Gordon
Gray (May 30, 1909 November 26, 1982) was an official
in the government of the United States during the administrations
of Harry Truman (194553) and Dwight Eisenhower (195361)
associated with defense and national security.
Biography
Family
Gordon
Gray was born in Baltimore, Maryland, the son of Bowman
Gray, Sr. and Nathalie Lyons Gray. He was married in 1938
to the former Jane Boyden Craige, and they had four sons:
Gordon Gray, Jr., Burton C. Gray, C. Boyden Gray and Bernard
Gray. After Jane's death, Gray married the former Nancy
Maguire Beebe. His father Bowman, his uncle James A. Gray,
Jr. and later his brother, Bowman Gray, Jr., were all
heads of R.J. Reynolds Tobacco Company.
His
son, C. Boyden Gray, a graduate of Harvard and the University
of North Carolina Law School, served as White House counsel
for President George Herbert Walker Bush. His nephew,
Lyons Gray, also a graduate of both North Carolina and
Yale, is chief financial officer for the Environmental
Protection Agency.
Education
Gordon
Gray graduated from the University of North Carolina in
1930, where he was a member of Delta Kappa Epsilon fraternity
(Beta chapter) & the secretive, Order of Gimghoul.
He earned his law degree from Yale Law School in 1933
and practiced law for two years in New York City before
returning to Winston-Salem. UNC presented Gray with an
honorary law degree in 1949. He was the second president
of the Consolidated University of North Carolina, succeeding
Frank Porter Graham in 1950.
Public
career
Gray
began his public life as a lawyer and was elected to the
North Carolina General Assembly in 1939, 1941, and 1947,
representing Forsyth County. He entered the U.S. Army
in 1942 as a private and rose to captain, serving in Europe
with General Omar Bradley's forces. Gray's service to
the federal government began with his appointment as President
Harry S. Truman's assistant secretary of the army in 1947;
two years later, he was appointed Secretary of the Army.

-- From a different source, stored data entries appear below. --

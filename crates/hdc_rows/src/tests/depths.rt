//! Programs with trees as deep as may be, and programs with the place where one is too deep.

use super::chains::{answer, prelude};
use hdc_base::At;
use hdc_names::TreesStop;
use std::alloc::{AllocError, Global};
use std::test::Fail;

// A text is what comes first, something that is repeated, and what comes last.
fn text(
    alloc: Global,
    (front, part, back): (&str, &str, &str),
    count: usize,
) -> Result<String, AllocError> {
    let mut text = String::new(alloc);
    text.push_str(front)?;
    for _ in 0..count {
        text.push_str(part)?;
    }
    text.push_str(back)?;
    Ok(text)
}

// The parts of a text, how often the second one stands, and the column in the first line where a tree is too deep.
type Row = ((&'static str, &'static str, &'static str), usize, u32);

const EXPRESSIONS: [Row; 23] = [
    (("f = ", "1 : ", "[]"), 1024, 4097),
    (("f = 1", " + 1", ""), 1024, 5),
    (("f = - 1", " + 1", ""), 1023, 7),
    (("f = - 1", " + 1", ""), 1024, 5),
    (("f = (- 1)", " + 1", ""), 1023, 8),
    (("f = (- 1)", " + 1", ""), 1024, 6),
    (("f = (g x)", " + 1", ""), 1023, 6),
    (("f = g", " x", ""), 1024, 5),
    (("f = (g)", " x", ""), 1024, 6),
    (("f = (g y)", " x", ""), 1023, 6),
    (("f = g (", "1 : ", "[])"), 1023, 4096),
    (("f = (: ", "1 : ", "[])"), 1023, 4096),
    (("f = (1", " + 1", " +)"), 1023, 6),
    (("f = \\x -> ", "1 : ", "x"), 1023, 4099),
    (("f = if x then y else ", "1 : ", "x"), 1023, 4110),
    (("f = case x of { y -> ", "1 : ", "x }"), 1023, 4110),
    (("f = case x of { y | x -> ", "1 : ", "x }"), 1022, 4110),
    (("f = (x, ", "1 : ", "x)"), 1023, 4097),
    (("f = [x .. ", "1 : ", "x]"), 1023, 4099),
    (("f = [1 | ", "x, ", "x]"), 1022, 6),
    (("f = [1 | ", "x, ", "x]"), 1023, 3079),
    (("f = [1 | ", "x <- y, ", "x <- y]"), 1023, 8194),
    (("f = [1 | ", "let {}, ", "let {}]"), 1023, 8194),
];

const OTHERS: [Row; 12] = [
    (("f | x = ", "1 : ", "x"), 1023, 4097),
    (("f = let { g = ", "1 : ", "x } in g"), 1024, 4107),
    (("f = x where { g = ", "1 : ", "x }"), 1024, 4111),
    (("f = let { (g, h) = ", "1 : ", "x } in g"), 1024, 4112),
    (("f (", "x : ", "y) = 1"), 1024, 4096),
    (("f = \\(", "x : ", "y) -> 1"), 1024, 4099),
    (("f = [1 | (", "x : ", "y) <- z]"), 1024, 4103),
    (("f = case z of { ", "x : ", "y -> 1 }"), 1024, 4109),
    (("f :: ", "a -> ", "a"), 1024, 5121),
    (("f = let { g :: ", "a -> ", "a } in g"), 1024, 5131),
    (("data T = C (", "a -> ", "a)"), 1024, 5128),
    (("type T = ", "a -> ", "a"), 1024, 5125),
];

// As deep as may be.
const SHALLOW: [((&str, &str, &str), usize); 16] = [
    (("f = ", "1 : ", "[]"), 1023),
    (("f = 1", " + 1", ""), 1023),
    (("f = - 1", " + 1", ""), 1022),
    (("f = g", " x", ""), 1023),
    (("f = (g y)", " x", ""), 1022),
    (("f = (: ", "1 : ", "[])"), 1022),
    (("f = \\x -> ", "1 : ", "x"), 1022),
    (("f = case x of { y | x -> ", "1 : ", "x }"), 1021),
    (("f = [1 | ", "x <- y, ", "x <- y]"), 1021),
    (("f | x = ", "1 : ", "x"), 1022),
    (("f = let { g = ", "1 : ", "x } in g"), 1023),
    (("f (", "x : ", "y) = 1"), 1023),
    (("f :: ", "a -> ", "a"), 1023),
    (("f (C", " x", ") = 1"), 2000),
    (("f :: T", " a", ""), 2000),
    (("f", " x", " = 1"), 2000),
];

fn are_too_deep(alloc: Global, rows: &[Row]) -> Result<(), Fail> {
    let prelude = prelude(alloc)?;
    for (parts, count, col) in rows {
        let text = text(alloc, *parts, *count)?;
        let at = At { line: 1, col: *col };
        if answer(alloc, &prelude, text.as_str())? != Err(TreesStop::Depth(at)) {
            return Err(Fail::from(AllocError));
        }
    }
    Ok(())
}

#[test]
fn expressions_that_are_too_deep_have_their_place(rt: HostRuntime) -> Result<(), Fail> {
    are_too_deep(rt.alloc(), &EXPRESSIONS)
}

#[test]
fn blocks_patterns_and_types_that_are_too_deep_have_their_place(
    rt: HostRuntime,
) -> Result<(), Fail> {
    are_too_deep(rt.alloc(), &OTHERS)
}

#[test]
fn trees_are_as_deep_as_may_be(rt: HostRuntime) -> Result<(), Fail> {
    let prelude = prelude(rt.alloc())?;
    for (parts, count) in SHALLOW {
        let text = text(rt.alloc(), parts, count)?;
        let found = answer(rt.alloc(), &prelude, text.as_str())?;
        assert_eq!(rt; found, Ok(()), "of {}", parts.0);
    }
    Ok(())
}

#[test]
fn a_chain_without_a_tree_counts_before_a_tree_that_is_too_deep(
    rt: HostRuntime,
) -> Result<(), Fail> {
    let prelude = prelude(rt.alloc())?;
    let parts = ("f = ", "1 : ", "x\ng = a == b == c");
    let text = text(rt.alloc(), parts, 1024)?;
    let found = answer(rt.alloc(), &prelude, text.as_str())?;
    let at = At { line: 2, col: 12 };
    assert_eq!(rt; found, Err(TreesStop::Fixity(at)));
    Ok(())
}
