#[cycle(walk_expressions)]
#[tactic(auto, using(hdc_written::proofs::ExpressionMirror::mirrored_expressions))]
fn walk_decl<'t>(alloc: Global, walk: &mut Walk<'t>, part: &'t Decl) -> Result<(), AllocError>
    ensures { OnOk result (walk.new ≡ spec.walk_declaration (mirror.decl_of part.now) walk.old) }
{
    match part {
        Decl::Empty => Ok(()),
        Decl::Signature(_var, _rest, _at, signature) => note_type(&mut walk.found, 1, signature),
        Decl::Equation(head, rhs) => {
            note_head(&mut walk.found, head)?;
            let size = walk.scope.size();
            bind_head(&mut walk.scope, undeclared(), head)?;
            walk_rhs(alloc, walk, 1, rhs)?;
            walk.scope.leave(size);
            Ok(())
        }
        Decl::Binding(pat, rhs) => {
            note_pat(&mut walk.found, 1, pat)?;
            let size = walk.scope.size();
            walk_rhs(alloc, walk, 1, rhs)?;
            walk.scope.leave(size);
            Ok(())
        }
    }
}

/// The sites of a right side of this depth; what is bound behind its `where` stays in scope.
#[cycle(walk_expressions)]
#[tactic(auto, using(hdc_written::proofs::ExpressionMirror::mirrored_expressions))]
pub(crate) fn walk_rhs<'t>(
    alloc: Global,
    walk: &mut Walk<'t>,
    depth: u64,
    part: &'t Rhs,
) -> Result<(), AllocError>
    ensures { OnOk result (walk.new ≡ spec.walk_right_side depth (mirror.rhs_of part.now) walk.old) }
{
    match part {
        Rhs::Equal(_equal, exp, local) => {
            bind_where(&mut walk.scope, undeclared(), local)?;
            walk_where(alloc, walk, local)?;
            walk_exp(alloc, walk, depth, exp.get())
        }
        Rhs::Guards(first, rest, local) => {
            walk.note_node(depth, first.get().bar);
            bind_where(&mut walk.scope, undeclared(), local)?;
            walk_where(alloc, walk, local)?;
            let inner = deeper(depth)?;
            walk_equal_guard(alloc, walk, inner, first.get())?;
            walk_equal_guards(alloc, walk, inner, rest.as_slice())
        }
    }
}
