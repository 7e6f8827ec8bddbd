//! What comes of words that name no job, of long files, and of stores and sinks that fail.

use super::job::{Outside, serve_words};
use std::test::Fail;

const USAGE: &str =
    "usage: hdc ACTION FILE [--procs P] [--input FILE] [--schedule FILE] [--budget B]\n";

fn first(text: &[u8]) -> Outside<'_> {
    Outside {
        name: "file",
        text,
        failing_loads: &[],
        failing_puts: &[],
        room: 2_000_000,
    }
}

#[test]
fn other_words_are_usage(rt: HostRuntime) -> Result<(), Fail> {
    let rows: [&[&str]; 9] = [
        &[],
        &["hdc"],
        &["hdc", "run"],
        &["hdc", "run", "-file"],
        &["hdc", "run", "-"],
        &["hdc", "check", "file"],
        &["hdc", "run", "file", "more"],
        &["hdc", "run", "file", "--procs", "0"],
        &["hdc", "file", "run"],
    ];
    for words in rows {
        let left = serve_words(rt.alloc(), words, &first(b"main = 1"))?;
        assert_eq!(rt; left.status, 2);
        assert_eq!(rt; left.output.as_slice(), USAGE.as_bytes());
    }
    Ok(())
}

#[test]
fn a_file_may_have_a_mebibyte(rt: HostRuntime) -> Result<(), Fail> {
    let rows = [
        (1_048_576, 0, "value 1\nunfoldings 1\nwork 1\nmessages 0\n"),
        (1_048_577, 8, "limit long program\n"),
    ];
    for (size, status, report) in rows {
        let mut text = vec![in rt.alloc(); b' '; size]?;
        let program = b"main = 1";
        assert!(rt; program.len() <= text.len());
        for (to, from) in text.iter_mut().zip(program.iter()) {
            *to = *from;
        }
        let left = serve_words(rt.alloc(), &["hdc", "run", "file"], &first(text.as_slice()))?;
        assert_eq!(rt; left.status, status, "at {size}");
        assert_eq!(rt; left.output.as_slice(), report.as_bytes(), "at {size}");
    }
    Ok(())
}

#[test]
fn a_load_that_fails_leaves_nothing_written(rt: HostRuntime) -> Result<(), Fail> {
    let mut failing = first(b"main = 1");
    failing.failing_loads = &[1];
    let left = serve_words(rt.alloc(), &["hdc", "run", "file"], &failing)?;
    assert_eq!(rt; left.status, 5);
    assert_eq!(rt; left.output.len(), 0);
    let left = serve_words(rt.alloc(), &["hdc", "run", "absent"], &first(b"main = 1"))?;
    assert_eq!(rt; left.status, 5);
    assert_eq!(rt; left.output.len(), 0);
    Ok(())
}

#[test]
fn a_put_that_fails_leaves_a_front_written(rt: HostRuntime) -> Result<(), Fail> {
    let mut failing = first(b"main = 1");
    failing.failing_puts = &[1];
    let left = serve_words(rt.alloc(), &["hdc", "run", "file"], &failing)?;
    assert_eq!(rt; left.status, 6);
    assert_eq!(rt; left.output.len(), 0);
    let mut narrow = first(b"main = 1");
    narrow.room = 9;
    let left = serve_words(rt.alloc(), &["hdc", "run", "file"], &narrow)?;
    assert_eq!(rt; left.status, 6);
    assert_eq!(rt; left.output.as_slice(), b"value 1\nu".as_slice());
    Ok(())
}

#[test]
fn there_is_one_load_and_one_put(rt: HostRuntime) -> Result<(), Fail> {
    let mut second = first(b"main = 1");
    second.failing_loads = &[2];
    second.failing_puts = &[2];
    let left = serve_words(rt.alloc(), &["hdc", "run", "file"], &second)?;
    assert_eq!(rt; left.status, 0);
    assert_eq!(rt; left.loads, 1);
    assert_eq!(rt;
        left.output.as_slice(),
        b"value 1\nunfoldings 1\nwork 1\nmessages 0\n".as_slice()
    );
    Ok(())
}
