//! Programs with the groups of their bindings, in the order in which they are typed.

use super::chains::prelude;
use super::trees::laid;
use hdc_base::Src;
use hdc_parse::parse;
use hdc_resolved::Resolved;
use hdc_top::resolved_tree;
use hdc_tree::Tree;
use std::alloc::{AllocError, Global};
use std::test::Fail;

// The groups of a text behind the prelude, as `f g; h`. Those of the prelude's bindings are left out.
fn groups(alloc: Global, prelude: &Tree, text: &str) -> Result<Vec<u8>, Fail> {
    let (tokens, end) = laid(alloc, text.as_bytes())?;
    let Ok(tree) = parse(alloc, tokens.as_slice(), end) else {
        return Err(Fail::from(AllocError));
    };
    let resolved = resolved_tree(alloc, prelude, &tree)?;
    let mut written = Vec::new(alloc);
    for group in resolved.groups.as_slice() {
        add_group(&resolved, group.as_slice(), &mut written)?;
    }
    Ok(written)
}

fn add_group(resolved: &Resolved, group: &[u32], written: &mut Vec<u8>) -> Result<(), AllocError> {
    let mut separator: &[u8] = if written.is_empty() { b"" } else { b"; " };
    for number in group {
        if let Some(decl) = resolved.decls.as_slice().get(*number as usize) {
            if decl.place.src == Src::Program {
                written.extend_from_slice(separator)?;
                written.extend_from_slice(decl.name.as_slice())?;
                separator = b" ";
            }
        }
    }
    Ok(())
}

const GROUPS: [(&str, &str); 14] = [
    ("main = 1", "main"),
    ("f = g\ng = 1", "g; f"),
    ("f = g\ng = f", "f g"),
    ("c = b\nb = a\na = 1", "a; b; c"),
    ("x = y\ny = x\nz = x\nw = 1", "x y; z; w"),
    ("g = let f = 1 in f\nf = g", "g; f"),
    ("f 0 = 1\nf n = g (n - 1)\ng n = f n", "f g"),
    (
        "f = [f | x <- g, let { y = h }, y]\nh = 1\ng = [f]",
        "h; f g",
    ),
    ("f = 1 +++ 2\na +++ b = a", "+++; f"),
    ("f x = g where { g = h }\nh = f 1\ng = h", "f h; g"),
    ("map f xs = foldr f xs\nfoldr = map", "map foldr"),
    ("f = 1 `g` 2\ng a b = \\f -> f a", "g; f"),
    (
        "f a\n  | g = 1\n  | a = case a of { f -> f; _ -> h }\ng = True\nh = f",
        "g; f h",
    ),
    (
        "data T = T Int\nf (T a) = a\nmain = (`f` 1) (T 2)",
        "f; main",
    ),
];

#[test]
fn bindings_fall_into_groups(rt: HostRuntime) -> Result<(), Fail> {
    let prelude = prelude(rt.alloc())?;
    for (text, expected) in GROUPS {
        let found = groups(rt.alloc(), &prelude, text)?;
        assert!(rt; found.as_slice() == expected.as_bytes(), "of {text}");
    }
    Ok(())
}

He served in this post from 1949 until 1950. The following
year, he became director of the newly formed Psychological
Strategy Board which planned for and coordinated government
psychological operations; he remained in the post until
May 1952, all the while continuing to lead the University
of North Carolina.
In
1954, Gray chaired a committee appointed by AEC chairman
Lewis Strauss which recommended revoking Robert Oppenheimer's
security clearance. The Gray Board, as it was known, issued
its split decision on May 27, 1954, with Gray and Thomas
A. Morgan recommending the revocation, despite their finding
that Oppenheimer was a "loyal citizen." Dr.
Ward V. Evans, a conservative Republican and the third
member of the board, dissented, saying that most of the
allegations against Oppenheimer had been heard before,
in 1947, when he had originally received his clearance.
Gray
shocked proponents of public education in North Carolina
when he said, in a November 1954 Founder's Day speech
at Guilford College, that "if I had to make a
choice between a complete system of publicly supported
higher education or a complete system of private higher
education, I would choose the latter as a greater safeguard
of the things for which we live." Less than a
year later, Secretary of Defense Charles Erwin Wilson
named Gray assistant secretary for international security
affairs and Gray's brief career in academia was ended.
President
Dwight D. Eisenhower appointed him to head the Office
of Defense Mobilization in 1957, where he served until
the office's consolidation in 1958. Eisenhower then appointed
Gray as his National Security Advisor from 1958 until
1961. On January 18, 1961, President Eisenhower awarded
Gray the Presidential Medal of Freedom. He served on the
President's Foreign Intelligence Advisory Board under
Presidents John F. Kennedy, Lyndon B. Johnson, Richard
M. Nixon and Gerald R. Ford. In 1976, he was awarded the
United States Military Academy's Sylvanus Thayer Award.
In
controversial leaked documents, Gray is alleged to have
been part of the secret Majestic 12 organization.
Gray
was also publisher of the Winston-Salem Journal, chairman
of the board of Piedmont Publishing Company and chairman
of the National Trust for Historic Preservation.